EXERCISE DIRECTIONS - Search the data below for the string "failed". Extract every line that contains it.

(Stored entries)

= = = = = = =

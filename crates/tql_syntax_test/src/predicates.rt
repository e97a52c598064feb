//! Parsing predicates: one test, or an expression that does not continue as a test. `depth` bounds how deep parentheses
//! may nest.
ghost use Rattle.std.specs.Prelude.{◌≡◌, IfOk};
ghost use Rattle.tql_syntax_grammar.specs.Outcome.{Read, into};
ghost use Rattle.tql_spec.specs.Syntax as tree;
ghost use Rattle.tql_syntax_grammar.specs.ReadingExpressions as reading;
ghost use Rattle.tql_syntax_grammar.specs.ReadingExpressions.{expr_at, mixed_at, as_named, test_or};
ghost use Rattle.tql_syntax_expr.specs.Parsing.{Reads};
ghost use Rattle.tql_syntax_operand.specs.Tails.{tail_test};
ghost use Rattle.tql_syntax_tree.specs.Expressions.{named_of, expr_of, boxed_expr_of, primary_of};
ghost use Rattle.tql_syntax_tree.specs.Conditions.{operand_of, boxed_test_of, boxed_cond_of};
ghost use Rattle.tql_syntax_test.specs.Predicates.{tested_of, is_lone};
ghost use Rattle.tql_syntax_test.specs.TestEnds.{operand_end};
ghost use Rattle.tql_syntax_test.specs.TestWords.{test_word_at, worded_over};

use std::alloc::AllocError;
use tql_memory::Memory;
use tql_syntax_expr::cursor::{Cursor, ParseError};
use tql_syntax_expr::expressions::{expr_behind, sum, term_behind};
use tql_syntax_operand::operands::{
    Tail, between, comparison, denied, in_list, marked, null_test, operand_test, read_tail,
};
use tql_syntax_tree::condition::{Cond, Operand, Test, boxed_test};
use tql_syntax_tree::expression::{Expr, Named, Primary, Sign, Signed};

/// A word that continues an expression as a test.
#[derive(Clone, Copy)]
enum TestWord {
    Is,
    Not,
    Between,
    In,
}

/// A test, or an expression that does not continue as a test.
#[derive(Drop)]
pub enum Tested<'a> {
    Test(Box<Test<'a>, Memory>),
    Expr(Box<Expr<'a>, Memory>),
}

/// Whether an expression is one primary without a sign.
#[tactic(auto, using(crate::proofs::Names::lone_expr))]
fn is_lone(value: &Expr<'_>) -> bool
    ensures { result ≡ is_lone (expr_of value.now) }
{
    if !value.more.is_empty() || !value.first.more.is_empty() {
        return false;
    }
    match value.first.first.sign {
        Sign::None => true,
        Sign::Plus | Sign::Minus => false,
    }
}

/// Builds the test of an operand and the part after it. The only error is a failed allocation.
fn related<'a>(memory: Memory, left: Operand<'a>, tail: Tail<'a>) -> Result<Tested<'a>, AllocError>
    ensures { IfOk result
        (λ tested. tested_of tested ≡ reading.WholeTest (tail_test (operand_of left.entry) tail.entry)) }
{
    let test = operand_test(memory, left, tail)?;
    Ok(Tested::Test(test))
}

/// Parses what may follow `value`, which is the column reference `name`: a relation, CONTAINS or nothing.
fn named_test<'a>(
    memory: Memory,
    tokens: &mut Cursor<'_, 'a>,
    depth: usize,
    name: Named<'a>,
    value: Box<Expr<'a>, Memory>,
) -> Result<Tested<'a>, ParseError>
    ensures { Reads tested_of
        (into (test_or (boxed_expr_of value.entry))
        (reading.related_over (expr_at depth) (tree.ByName (named_of name.entry)) tokens.old)) result tokens.new }
{
    match read_tail(memory, tokens, depth)? {
        Some(tail) => {
            drop(value);
            Ok(related(memory, Operand::ByName(name), tail)?)
        }
        None => Ok(Tested::Expr(value)),
    }
}

/// Parses what may follow `value`: a relation or CONTAINS if `value` is one column reference, or nothing.
#[tactic(auto, using(crate::proofs::Names::lone_name, crate::proofs::Names::not_lone))]
fn period_test<'a>(
    memory: Memory,
    tokens: &mut Cursor<'_, 'a>,
    depth: usize,
    value: Box<Expr<'a>, Memory>,
) -> Result<Tested<'a>, ParseError>
    ensures { Reads tested_of
        (reading.period_test_over (expr_at depth) (boxed_expr_of value.entry) (as_named (boxed_expr_of value.entry))
        tokens.old) result tokens.new }
{
    if !is_lone(&value) {
        return Ok(Tested::Expr(value));
    }
    match &value.first.first.primary {
        Primary::Column(named) => {
            let name = *named;
            named_test(memory, tokens, depth, name, value)
        }
        Primary::Number(_)
        | Primary::Text(_)
        | Primary::Date(_)
        | Primary::Timestamp(_)
        | Primary::Enclosed(_)
        | Primary::CountStar
        | Primary::Over(_, _) => Ok(Tested::Expr(value)),
    }
}

/// Consumes a word that continues an expression as a test, if one is next.
fn test_word(tokens: &mut Cursor<'_, '_>) -> Option<TestWord>
    ensures { test_word_at tokens.old ≡ Read result tokens.new }
{
    if tokens.eat_word("IS") {
        return Some(TestWord::Is);
    }
    if tokens.eat_word("NOT") {
        return Some(TestWord::Not);
    }
    if tokens.eat_word("BETWEEN") {
        return Some(TestWord::Between);
    }
    if tokens.eat_word("IN") {
        return Some(TestWord::In);
    }
    None
}

/// Parses the rest of the test that begins with `value` and `word`.
fn worded<'a>(
    memory: Memory,
    tokens: &mut Cursor<'_, 'a>,
    depth: usize,
    word: TestWord,
    value: Box<Expr<'a>, Memory>,
) -> Result<Box<Test<'a>, Memory>, ParseError>
    ensures { Reads boxed_test_of
        (worded_over (expr_at depth) word (boxed_expr_of value.entry) tokens.old) result tokens.new }
{
    match word {
        TestWord::Is => null_test(memory, tokens, value),
        TestWord::Not => denied(memory, tokens, depth, value),
        TestWord::Between => between(memory, tokens, depth, false, value),
        TestWord::In => in_list(memory, tokens, depth, false, value),
    }
}

/// Parses what may follow `value`, other than a comparison: the rest of a test that continues with a word, or nothing.
#[tactic(auto, using(crate::proofs::TestWords::by_word))]
fn word_test<'a>(
    memory: Memory,
    tokens: &mut Cursor<'_, 'a>,
    depth: usize,
    value: Box<Expr<'a>, Memory>,
) -> Result<Tested<'a>, ParseError>
    ensures { Reads tested_of
        (reading.word_test_over (expr_at depth) (boxed_expr_of value.entry) tokens.old) result tokens.new }
{
    match test_word(tokens) {
        Some(word) => {
            let test = worded(memory, tokens, depth, word, value)?;
            Ok(Tested::Test(test))
        }
        None => period_test(memory, tokens, depth, value),
    }
}

/// Parses what may follow `value`: a comparison and its right side, the rest of another test, or nothing.
#[tactic(auto, unfolding(tql_syntax_grammar::specs::ReadingExpressions::test_behind))]
pub fn test_behind<'a>(
    memory: Memory,
    tokens: &mut Cursor<'_, 'a>,
    depth: usize,
    value: Box<Expr<'a>, Memory>,
) -> Result<Tested<'a>, ParseError>
    ensures { Reads tested_of
        (reading.test_behind (expr_at depth) (boxed_expr_of value.entry) tokens.old) result tokens.new }
{
    match comparison(tokens) {
        Some(comparison) => {
            let right = sum(memory, tokens, depth)?;
            let test = boxed_test(memory, Test::Compared(comparison, value, right))?;
            Ok(Tested::Test(test))
        }
        None => word_test(memory, tokens, depth, value),
    }
}

/// Parses the rest of the test that begins with `left`. Fails if neither a relation nor CONTAINS is next.
#[tactic(auto, unfolding(crate::specs::TestEnds::operand_end))]
fn operand_end<'a>(
    memory: Memory,
    tokens: &mut Cursor<'_, 'a>,
    depth: usize,
    left: Operand<'a>,
) -> Result<Tested<'a>, ParseError>
    ensures { Reads tested_of (operand_end (expr_at depth) (operand_of left.entry) tokens.old) result tokens.new }
{
    match read_tail(memory, tokens, depth)? {
        Some(tail) => Ok(related(memory, left, tail)?),
        None => Err(ParseError::NotInGrammar),
    }
}

/// Parses a test that begins with a marked period.
#[tactic(auto, unfolding(tql_syntax_grammar::specs::ReadingExpressions::marked_test_over, crate::specs::TestEnds::operand_end))]
pub fn marked_test<'a>(
    memory: Memory,
    tokens: &mut Cursor<'_, 'a>,
    depth: usize,
) -> Result<Tested<'a>, ParseError>
    ensures { Reads tested_of (reading.marked_test_over (expr_at depth) tokens.old) result tokens.new }
{
    let mark = marked(memory, tokens, depth)?;
    operand_end(memory, tokens, depth, Operand::ByMark(mark))
}

/// Parses the rest of the expression that begins with `primary`, whose byte offset in the text is `start`.
#[tactic(auto, unfolding(tql_syntax_grammar::specs::ReadingExpressions::sum_from))]
fn expr_from<'a>(
    memory: Memory,
    tokens: &mut Cursor<'_, 'a>,
    depth: usize,
    start: u32,
    primary: Primary<'a>,
) -> Result<Box<Expr<'a>, Memory>, ParseError>
    ensures { Reads boxed_expr_of
        (reading.sum_from (expr_at depth) (primary_of primary.entry) tokens.old) result tokens.new }
{
    let signed = Signed {
        sign: Sign::None,
        primary,
        start,
    };
    let term = term_behind(memory, tokens, depth, signed)?;
    expr_behind(memory, tokens, depth, term)
}

/// Parses the rest of a test or an expression that begins with `inner` in parentheses.
pub fn enclosed<'a>(
    memory: Memory,
    tokens: &mut Cursor<'_, 'a>,
    depth: usize,
    inner: Box<Expr<'a>, Memory>,
) -> Result<Tested<'a>, ParseError>
    ensures { Reads tested_of
        (reading.closed_over (expr_at depth) (mixed_at depth) (reading.WholeExpr (boxed_expr_of inner.entry))
        tokens.old) result tokens.new }
{
    let start = inner.first.first.start;
    let value = expr_from(memory, tokens, depth, start, Primary::Enclosed(inner))?;
    test_behind(memory, tokens, depth, value)
}

/// Builds the test that is this condition in parentheses. The only error is a failed allocation.
pub fn grouped<'a>(
    memory: Memory,
    condition: Box<Cond<'a>, Memory>,
) -> Result<Tested<'a>, AllocError>
    ensures { IfOk result
        (λ tested. tested_of tested ≡ reading.WholeTest (tree.Grouped (boxed_cond_of condition.entry))) }
{
    let test = boxed_test(memory, Test::Grouped(condition))?;
    Ok(Tested::Test(test))
}
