//! Lists of numbers in little memory.
#![tactic(auto)]

pub mod numbers;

= = = = = = =

WRITTEN RESPONSE -
/// Builds the test of an operand and the part after it. The only error is a failed allocation.
/// Builds the test that is this condition in parentheses. The only error is a failed allocation.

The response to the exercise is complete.